This includes the JavaScript that web applications download into the browser. Free Software Foundation founder Richard Stallman has warned of what he calls "The JavaScript Trap", where a computer user believes he's running nothing but free software, only to discover that his browser is stuffed with nonfree JavaScript.

"You may be running nonfree programs on your computer every day without realizing it – through your web browser," Stallman said. "But browsers run other nonfree programs which they don't ask you about or even tell you about – programs that web pages contain or link to. These programs are most often written in JavaScript, though other languages are also used."

And so, the Foundation wants web-application developers to release their JavaScript under a free software license. That's right, it wants the code open sourced, but this being the Free Software Foundation, it prefers the term free software.

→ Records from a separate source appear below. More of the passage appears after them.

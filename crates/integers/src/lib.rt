// A table entry as an index, and the number of moves kept.
#![tactic(auto)]

pub mod naturals;

ghost use Rattle.std.specs.Prelude.{◌≡◌, ◌<◌};

// A table entry as an index.
// Stays: `usize::from` alone is no plainer, since it does not say that an entry is below 65536, which the callers' sums need.
pub fn wide(x: u16) -> usize
    ensures { (result ≡ x) × (result < 65536) }
{
    usize::from(x)
}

Stallman and his followers are not concerned with the freedom of what they call "trivial" JavaScript – code that runs, say, a small animation. "This can easily be ignored," Lee says. "You can easily block it." The Foundation is concerned with "non-trivial" JavaScript such as that used for actual computing tasks on the client. This includes the JavaScript used by an app like Gmail. "If you turn off Gmail JavaScript," Lee tells us, "you can't use Gmail."

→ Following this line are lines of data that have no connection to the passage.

// What the programs print, put into a lent buffer: the refusal line and the list, with reasons or without. A place is where the next byte goes; a full buffer takes no
// more, so every call takes any buffer, and the contract says what is in it.
#![tactic(auto)]

pub mod buffers;
mod numbers;
mod reasons;

ghost use Rattle.io.specs.Counts.{IsPrefixLen};
ghost use Rattle.text.specs.Buffer.{Put, Shows};
ghost use Rattle.text.specs.Lines as Lines;

use crate::buffers::{put, put_all};
use crate::numbers::put_decimal;
use crate::reasons::{put_field, reason_at};

// Puts a line of the list, with reasons or without.
// Stays: the buffer is written: a struct of it and the place would need a clause at each call that it is still the caller's, as rows in a struct lent as `&mut` do.
fn put_line(
    reasons: bool,
    out: &mut [u8],
    at: usize,
    v: usize,
    number: u16,
    value: i32,
    reason: u8,
) -> usize
    ensures { Put (Lines.line reasons v number value reason) out.old at out.new result }
{
    let a = put_decimal(out, at, v as u64);
    let b = put(out, a, b' ');
    let c = put_decimal(out, b, u64::from(number));
    let d = put(out, c, b' ');
    let e = put_field(reasons, out, d, value, reason);
    put(out, e, b'\n')
}

// Puts the lines of the variables below n, from the front on, with the reasons of a row or without.
fn put_lines(
    reasons: bool,
    n: usize,
    numbers: &[u16],
    values: &[i32],
    row: &[u8],
    out: &mut [u8],
) -> usize
    ensures { Put (Lines.lines reasons n numbers.now values.now row.now) out.old 0 out.new result }
{
    let count = n.min(numbers.len().min(values.len()));
    let mut at = 0;
    for v in 0..count {
        at = put_line(
            reasons,
            out,
            at,
            v,
            numbers[v],
            values[v],
            reason_at(row, v),
        );
    }
    at
}

// Puts the refusal line, from the front on.
// Stays: two numbers in place of a `Refusal`, since this crate stands on none that knows it.
fn put_refusal(number: u32, place: u32, out: &mut [u8]) -> usize
    ensures { Put (Lines.refusal number place) out.old 0 out.new result }
{
    let a = put_all(out, 0, b"refused ");
    let b = put_decimal(out, a, u64::from(number));
    let c = put(out, b, b' ');
    let d = put_decimal(out, c, u64::from(place));
    put(out, d, b'\n')
}

// The list of the variables below n, with the reasons of a row or without: its text in front of the buffer, and how many bytes that is.
// Stays: a flag beside the row, here and above, since `Lines.lines` takes both, and `printed`, in which the contracts of the programs are stated, the flag.
pub fn lines(
    reasons: bool,
    n: usize,
    numbers: &[u16],
    values: &[i32],
    row: &[u8],
    out: &mut [u8],
) -> usize
    ensures prefix_len { IsPrefixLen result out.new }
    ensures shows { Shows (Lines.lines reasons n numbers.now values.now row.now) out.old out.new result }
{
    put_lines(reasons, n, numbers, values, row, out)
}

// The refusal line: its text in front of the buffer, and how many bytes that is.
pub fn refusal(number: u32, place: u32, out: &mut [u8]) -> usize
    ensures prefix_len { IsPrefixLen result out.new }
    ensures shows { Shows (Lines.refusal number place) out.old out.new result }
{
    put_refusal(number, place, out)
}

"When you visit a website such as Gmail, your browser will download and run several thousand lines of JavaScript code. JavaScript code is no different to languages like Python, C++ or Ruby – applications written in those languages running on our computers should be free software, so we can run, modify and share them if we wish," Lee said in a Thursday blog post.

Lee acknowledges that there are ways to bypass Gmail's JavaScript, but he wants the company to go further. "Google has made a step toward this goal by developing a 'basic HTML' version of the Gmail website, which does not rely on heavy JavaScript to build the user interface. They also provide IMAP and POP interfaces for users to access their Gmail accounts without using the website at all. These are both good steps towards a larger, positive goal," Lee says.

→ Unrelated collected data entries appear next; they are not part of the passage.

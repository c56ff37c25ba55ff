//! The allocator: allocates clusters of an image file, frees the clusters on the free list, and grows the refcount table.
//!
//! The promises here are for a consistent image, in a storage that keeps what is written. An image is consistent if its file and its
//! metadata in memory are, and each refcount in memory covers the references and the entries on the free list (`IsSound`,
//! specs/GuestView.antt).
ghost use Rattle.std.specs.Prelude.{◌≡◌, ◌≤◌, ◌<◌, ◌-◌, ◌%◌, ◌^◌, ◌+◌, ℕ, true, Ok, Err, OnOk, OnErr, IfOk, IfErr, Some, None, slice_index, length, min, [], Result, MatchOption};

use crate::cache::MetadataCaches;
use crate::clusters_to_free::{ClustersToFreeList, PendingAllocation};
use crate::file::{ImageFile, is_addressable};
use imago_storage::{Fault, Storage};
use qcow2_metadata::{RefTable, Table};
use qcow2_types::{ClusterCount, ClustersToFreeEntry, HostCluster};
use std::alloc::Global;

mod counting;
mod growing;
mod handing_out;
mod lowering;
mod making_blocks;
mod moving_table;
mod readying_runs;
mod searching;

/// The allocator of an image: its refcount table in memory, and the first-free hint, where the search for free clusters starts.
#[derive(Drop)]
pub struct Allocator {
    alloc: Global,
    pub(crate) reftable: RefTable,
    pub(crate) first_free_cluster: HostCluster,
    ghost table_bounded: { length reftable.raw_entries ≤ 2 ^ 20 },
}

"[But] if you use Gmail, please ask Google to take the next step towards making Gmail free software friendly by releasing the JavaScript for Gmail under a free software license. In doing so, Google would allow users who value software freedom to use Gmail in its enhanced form, and to make contributions and modifications useful to their communities."

Lee tells us the Foundation has not yet spoken to Google directly about the issue, but he said it intends to. Google did not immediately respond to our request for comment.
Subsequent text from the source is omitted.